«Chissà come ha fatto a tornare a casa» sentì dire da un poliziotto, mentre cercava disperatamente di capire che cosa fosse accaduto. «È incredibile, con tutto il sangue che ha perduto. Deve essere stato colpito quattro volte allo stomaco…»
L’urlo della madre montò di nuovo, e, in quell’istante, Troy ricompose i pezzi e riconobbe il corpo steso sulla schiena. Raggelato, il fiato mozzo, cadde in ginocchio accanto alla testa del fratello. Jamie si sforzava di respirare, gli occhi aperti ma vitrei.
Troy gli prese la testa fra le mani, e gli guardò lo stomaco. La maglietta sportiva rossa era intrisa di sangue, e il sangue sembrava sgorgare con flusso ininterrotto da un punto appena al di sopra dei genitali, ed era dappertutto — sui jeans di Jamie, per terra, dappertutto, dappertutto… Troy ebbe un conato come di vomito, si strozzò, ma non rigettò nulla.
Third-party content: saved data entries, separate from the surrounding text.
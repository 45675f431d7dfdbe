ghost use Rattle.std.specs.Prelude.{◌≡◌, ◌↔◌, [], None, IfOk, IfErr};
ghost use Rattle.serve_options.specs.Options.{AreInRange, AreOptions, IsRefusedFor, faults};

use crate::command::serve_command;
use crate::refusal::OptionsRefused;
use clap::error::ErrorKind;
use grid_base::Memory;
use std::alloc::{AllocError, Global};

/// How a server is set up.
#[derive(Clone, Copy, Debug, PartialEq, Eq)]
pub struct ServeOptions {
    /// How many members the grid has, from 1 to 8.
    pub members: u8,
    /// How many backups a partition has at most, from 0 to 6.
    pub backups: u8,
    /// How many values a queue may have, from 0 to 2,147,483,647.
    pub capacity: u32,
    /// The port of member 0, from 1 to 65,528; member m listens at this port plus m.
    pub port: u16,
    /// The server goes on once its control script has ended.
    pub stays: bool,
}

/// Reads the options behind the first word, which stands for the command and is passed over. An error comes of the
/// first fault that `clap` finds in the words, or of want of memory. Costs the words.
pub fn read_options(alloc: Global, words: &[String]) -> Result<ServeOptions, OptionsRefused>
    ensures options { IfOk result (AreOptions words.now) }
    ensures ranges { IfOk result AreInRange }
    ensures taken { IfOk result (λ _. faults words.now ≡ []) }
    ensures refused { IfErr result (IsRefusedFor (faults words.now)) }
{
    let matches = serve_command(alloc)?.try_get_matches_from(words)?;
    Ok(ServeOptions {
        members: matches.get_one("members").unwrap(),
        backups: matches.get_one("backups").unwrap(),
        capacity: matches.get_one("capacity").unwrap(),
        port: matches.get_one("port").unwrap(),
        stays: matches.get_one("stay") == Some(true),
    })
}

/// What a person is told of words that aren't options: what is wrong with them, or the help that they ask for. Nothing
/// of words that are. Costs the words and the text.
pub fn why_refused(alloc: Global, words: &[String]) -> Result<Option<String>, Memory>
    ensures { IfOk result (λ text. (text ≡ None) ↔ (faults words.now ≡ [])) }
{
    let Err(error) = serve_command(alloc)?.try_get_matches_from(words) else {
        return Ok(None);
    };
    if error.kind() == ErrorKind::OutOfMemory {
        return Err(AllocError);
    }
    Ok(Some(format!(in alloc; "{error}")?))
}
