//! The command as `clap` reads it.
ghost use Rattle.std.specs.Prelude.{◌≡◌, false, IfOk};
ghost use Rattle.clap.specs.Words.{app_of, rule_of};
ghost use Rattle.serve_options.specs.ServeCommand.{flag as flag_rule, serve_app, valued as valued_rule};

use clap::builder::ValueParser;
use clap::{Arg, ArgAction, Command, value_parser};
use grid_base::Memory;
use std::alloc::Global;

/// An option with one value, or else its default.
fn valued<'a>(alloc: Global, name: &'a str, values: ValueParser<'a>, default: &'a str) -> Arg<'a>
    ensures rule { rule_of result ≡ valued_rule name.entry.now values.entry default.entry.now }
    ensures local { result.global ≡ false }
{
    Arg::new(alloc, name)
        .long(name)
        .action(ArgAction::Set)
        .value_name("NUMBER")
        .value_parser(values)
        .default_value(default)
}

/// An option without a value.
fn flag<'a>(alloc: Global, name: &'a str) -> Arg<'a>
    ensures rule { rule_of result ≡ flag_rule name.entry.now }
    ensures local { result.global ≡ false }
{
    Arg::new(alloc, name).long(name).action(ArgAction::SetTrue)
}

/// The command with its options.
pub(crate) fn serve_command<'a>(alloc: Global) -> Result<Command<'a>, Memory>
    ensures { IfOk result (λ command. app_of command ≡ serve_app) }
{
    let members = valued(alloc, "members", value_parser!(u8).range(1..=8), "3");
    let backups = valued(alloc, "backups", value_parser!(u8).range(0..=6), "1");
    let capacity = valued(
        alloc,
        "capacity",
        value_parser!(u32).range(0..=2_147_483_647),
        "1000",
    );
    let port = valued(alloc, "port", value_parser!(u16).range(1..=65_528), "5701");
    let stay = flag(alloc, "stay");
    Command::new(alloc, "grid serve")
        .bin_name("grid serve")?
        .about("Serves clients on 127.0.0.1, and reads a control script from standard input")
        .arg(members.help("How many members the grid has, 1 to 8"))?
        .arg(backups.help("How many backups each partition has, 0 to 6"))?
        .arg(capacity.help("How many values a queue holds"))?
        .arg(port.help("The port of member 0; member M listens at this port plus M"))?
        .arg(stay.help("Goes on serving once the control script has ended"))
}

/// What `grid serve --help` prints.
pub fn help_of_serve(alloc: Global) -> Result<String, Memory> {
    serve_command(alloc)?.render_help()
}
Gli occhi gli si riempirono di lacrime.
«Pensiamo sia opera di qualche banda, signora Jefferson» continuò monotono il poliziotto. «E probabilmente è stato colpito per sbaglio, perché tutti sanno che Jamie non aveva niente a che fare con quella razza di gente.» Erano arrivati dei giornalisti, e lampeggiavano i flash. Altre sirene in avvicinamento…
Gli occhi di Jamie si spensero, e il respiro cessò. Troy si strinse la testa del fratello al petto, sapendo d’istinto che era morto, e cominciò a singhiozzare incontrollabilmente. «No,» mormorava «no. Non mio fratello… non Jamie… lui che non ha mai fatto male a nessuno…»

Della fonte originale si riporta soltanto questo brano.